▶ [Work to complete]
From the data underneath, reproduce exactly the stretch that begins at the line with "let plain = match" and ends after the line with "let texts = row_texts(alloc, &setup)?;".

▶ [The input]
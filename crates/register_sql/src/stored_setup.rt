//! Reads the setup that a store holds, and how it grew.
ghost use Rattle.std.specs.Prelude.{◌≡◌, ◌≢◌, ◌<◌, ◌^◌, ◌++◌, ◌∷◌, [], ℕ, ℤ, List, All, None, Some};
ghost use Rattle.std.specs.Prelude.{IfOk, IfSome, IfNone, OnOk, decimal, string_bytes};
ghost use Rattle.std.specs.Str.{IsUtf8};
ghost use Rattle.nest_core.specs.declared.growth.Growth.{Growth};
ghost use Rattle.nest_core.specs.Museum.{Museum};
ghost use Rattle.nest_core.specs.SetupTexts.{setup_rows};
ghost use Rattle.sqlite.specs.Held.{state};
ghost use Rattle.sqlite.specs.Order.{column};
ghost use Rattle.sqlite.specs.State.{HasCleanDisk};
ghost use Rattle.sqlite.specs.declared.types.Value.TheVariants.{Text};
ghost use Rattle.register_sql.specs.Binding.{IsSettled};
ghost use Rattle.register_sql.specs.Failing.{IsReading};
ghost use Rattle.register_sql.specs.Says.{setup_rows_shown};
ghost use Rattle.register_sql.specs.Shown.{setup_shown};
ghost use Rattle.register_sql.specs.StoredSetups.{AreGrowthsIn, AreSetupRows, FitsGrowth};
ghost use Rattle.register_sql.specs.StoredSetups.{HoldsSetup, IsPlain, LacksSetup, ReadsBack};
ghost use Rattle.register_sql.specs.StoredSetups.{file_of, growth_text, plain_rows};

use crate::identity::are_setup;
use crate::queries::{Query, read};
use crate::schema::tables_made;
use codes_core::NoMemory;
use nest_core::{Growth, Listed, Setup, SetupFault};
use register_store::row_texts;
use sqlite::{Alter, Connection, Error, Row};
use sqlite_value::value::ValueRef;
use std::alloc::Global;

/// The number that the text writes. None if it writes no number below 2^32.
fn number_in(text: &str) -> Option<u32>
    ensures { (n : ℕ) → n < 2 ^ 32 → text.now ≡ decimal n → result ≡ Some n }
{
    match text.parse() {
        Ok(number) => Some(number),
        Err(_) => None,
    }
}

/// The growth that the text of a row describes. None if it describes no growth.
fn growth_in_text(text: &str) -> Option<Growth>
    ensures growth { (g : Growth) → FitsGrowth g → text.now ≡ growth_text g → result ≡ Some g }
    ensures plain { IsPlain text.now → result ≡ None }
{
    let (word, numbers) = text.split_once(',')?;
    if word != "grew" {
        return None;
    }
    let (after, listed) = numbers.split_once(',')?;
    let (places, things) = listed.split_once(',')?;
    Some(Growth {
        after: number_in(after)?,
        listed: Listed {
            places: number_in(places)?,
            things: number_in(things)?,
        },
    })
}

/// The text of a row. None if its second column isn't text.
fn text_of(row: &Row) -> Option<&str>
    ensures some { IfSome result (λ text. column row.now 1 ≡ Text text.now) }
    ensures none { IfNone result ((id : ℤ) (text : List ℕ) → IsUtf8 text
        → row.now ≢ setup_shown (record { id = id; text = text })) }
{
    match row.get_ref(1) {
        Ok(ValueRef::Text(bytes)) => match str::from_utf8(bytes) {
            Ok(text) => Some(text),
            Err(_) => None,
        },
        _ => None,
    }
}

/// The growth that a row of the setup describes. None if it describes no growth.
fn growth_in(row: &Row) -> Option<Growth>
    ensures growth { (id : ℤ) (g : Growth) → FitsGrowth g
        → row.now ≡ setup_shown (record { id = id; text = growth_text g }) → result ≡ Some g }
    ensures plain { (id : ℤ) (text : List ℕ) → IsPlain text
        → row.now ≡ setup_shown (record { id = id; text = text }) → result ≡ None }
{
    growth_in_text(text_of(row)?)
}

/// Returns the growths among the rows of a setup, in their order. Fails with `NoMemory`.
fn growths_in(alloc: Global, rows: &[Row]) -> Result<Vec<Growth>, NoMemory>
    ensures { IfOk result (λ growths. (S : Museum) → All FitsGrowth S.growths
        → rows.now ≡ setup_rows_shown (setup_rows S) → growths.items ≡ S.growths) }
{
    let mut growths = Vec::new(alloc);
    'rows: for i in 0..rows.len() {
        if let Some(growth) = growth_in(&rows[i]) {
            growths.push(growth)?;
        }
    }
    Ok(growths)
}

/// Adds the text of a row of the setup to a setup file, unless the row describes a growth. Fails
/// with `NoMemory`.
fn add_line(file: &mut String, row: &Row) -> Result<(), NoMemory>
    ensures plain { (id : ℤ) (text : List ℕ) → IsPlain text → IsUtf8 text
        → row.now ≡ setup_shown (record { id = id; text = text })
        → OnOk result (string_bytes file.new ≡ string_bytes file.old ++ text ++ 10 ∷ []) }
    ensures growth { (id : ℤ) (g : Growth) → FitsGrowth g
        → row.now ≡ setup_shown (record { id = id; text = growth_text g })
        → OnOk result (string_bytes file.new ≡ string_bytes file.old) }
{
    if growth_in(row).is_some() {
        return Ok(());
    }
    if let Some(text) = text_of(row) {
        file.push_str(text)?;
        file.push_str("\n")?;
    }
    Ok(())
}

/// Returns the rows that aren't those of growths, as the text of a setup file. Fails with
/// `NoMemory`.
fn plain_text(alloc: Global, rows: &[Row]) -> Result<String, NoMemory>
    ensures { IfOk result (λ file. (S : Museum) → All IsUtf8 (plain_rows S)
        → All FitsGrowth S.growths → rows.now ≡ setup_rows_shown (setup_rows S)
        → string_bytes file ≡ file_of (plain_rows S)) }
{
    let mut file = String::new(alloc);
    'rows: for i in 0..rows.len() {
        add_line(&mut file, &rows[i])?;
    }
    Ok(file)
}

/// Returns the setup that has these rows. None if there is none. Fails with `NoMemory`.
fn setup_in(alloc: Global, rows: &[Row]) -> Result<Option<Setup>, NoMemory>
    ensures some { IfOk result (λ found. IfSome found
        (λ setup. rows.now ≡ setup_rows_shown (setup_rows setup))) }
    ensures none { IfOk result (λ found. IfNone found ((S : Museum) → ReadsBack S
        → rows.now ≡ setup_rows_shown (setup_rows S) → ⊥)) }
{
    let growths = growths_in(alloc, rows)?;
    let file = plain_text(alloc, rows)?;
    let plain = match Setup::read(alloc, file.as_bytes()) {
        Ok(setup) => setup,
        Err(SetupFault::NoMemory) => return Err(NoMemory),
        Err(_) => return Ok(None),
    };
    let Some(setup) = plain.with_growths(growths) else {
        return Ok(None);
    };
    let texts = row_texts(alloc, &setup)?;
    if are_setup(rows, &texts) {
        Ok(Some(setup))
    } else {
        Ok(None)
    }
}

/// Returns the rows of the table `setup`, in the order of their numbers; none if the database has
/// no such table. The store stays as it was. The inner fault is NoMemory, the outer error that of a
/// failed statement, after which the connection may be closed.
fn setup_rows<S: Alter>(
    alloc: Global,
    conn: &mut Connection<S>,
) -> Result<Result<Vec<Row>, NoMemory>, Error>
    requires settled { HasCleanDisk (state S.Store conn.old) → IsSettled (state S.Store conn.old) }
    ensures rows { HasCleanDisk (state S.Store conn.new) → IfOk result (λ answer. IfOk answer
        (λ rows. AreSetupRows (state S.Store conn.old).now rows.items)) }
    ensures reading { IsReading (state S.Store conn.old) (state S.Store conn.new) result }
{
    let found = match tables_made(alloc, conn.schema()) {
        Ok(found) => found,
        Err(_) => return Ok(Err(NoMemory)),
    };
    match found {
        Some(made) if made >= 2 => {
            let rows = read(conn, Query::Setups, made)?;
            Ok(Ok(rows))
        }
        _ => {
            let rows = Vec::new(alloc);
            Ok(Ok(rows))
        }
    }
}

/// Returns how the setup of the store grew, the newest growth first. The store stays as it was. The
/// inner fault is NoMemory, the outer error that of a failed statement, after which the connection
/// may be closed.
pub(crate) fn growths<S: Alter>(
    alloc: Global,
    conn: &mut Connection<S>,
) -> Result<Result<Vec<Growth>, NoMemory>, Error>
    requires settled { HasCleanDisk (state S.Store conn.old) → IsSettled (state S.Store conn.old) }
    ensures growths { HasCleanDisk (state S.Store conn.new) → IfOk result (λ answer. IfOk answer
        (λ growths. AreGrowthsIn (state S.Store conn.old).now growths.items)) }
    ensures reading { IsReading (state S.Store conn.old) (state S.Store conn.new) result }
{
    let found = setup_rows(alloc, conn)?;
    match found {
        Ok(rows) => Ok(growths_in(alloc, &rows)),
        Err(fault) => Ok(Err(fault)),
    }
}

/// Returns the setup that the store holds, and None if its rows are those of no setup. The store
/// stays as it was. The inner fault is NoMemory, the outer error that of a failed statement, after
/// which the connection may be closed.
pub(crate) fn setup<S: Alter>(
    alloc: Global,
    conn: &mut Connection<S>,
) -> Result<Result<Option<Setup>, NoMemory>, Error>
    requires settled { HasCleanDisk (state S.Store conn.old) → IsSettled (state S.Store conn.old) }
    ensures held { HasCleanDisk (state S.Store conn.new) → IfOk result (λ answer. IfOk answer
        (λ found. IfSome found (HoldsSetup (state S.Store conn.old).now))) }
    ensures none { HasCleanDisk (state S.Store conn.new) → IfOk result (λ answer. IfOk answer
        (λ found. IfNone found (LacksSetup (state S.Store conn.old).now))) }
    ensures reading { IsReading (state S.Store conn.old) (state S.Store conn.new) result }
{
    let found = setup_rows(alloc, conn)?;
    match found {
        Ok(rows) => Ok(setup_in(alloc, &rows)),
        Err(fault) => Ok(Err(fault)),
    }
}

▶ [Written response]
    let plain = match Setup::read(alloc, file.as_bytes()) {
        Ok(setup) => setup,
        Err(SetupFault::NoMemory) => return Err(NoMemory),
        Err(_) => return Ok(None),
    };
    let Some(setup) = plain.with_growths(growths) else {
        return Ok(None);
    };
    let texts = row_texts(alloc, &setup)?;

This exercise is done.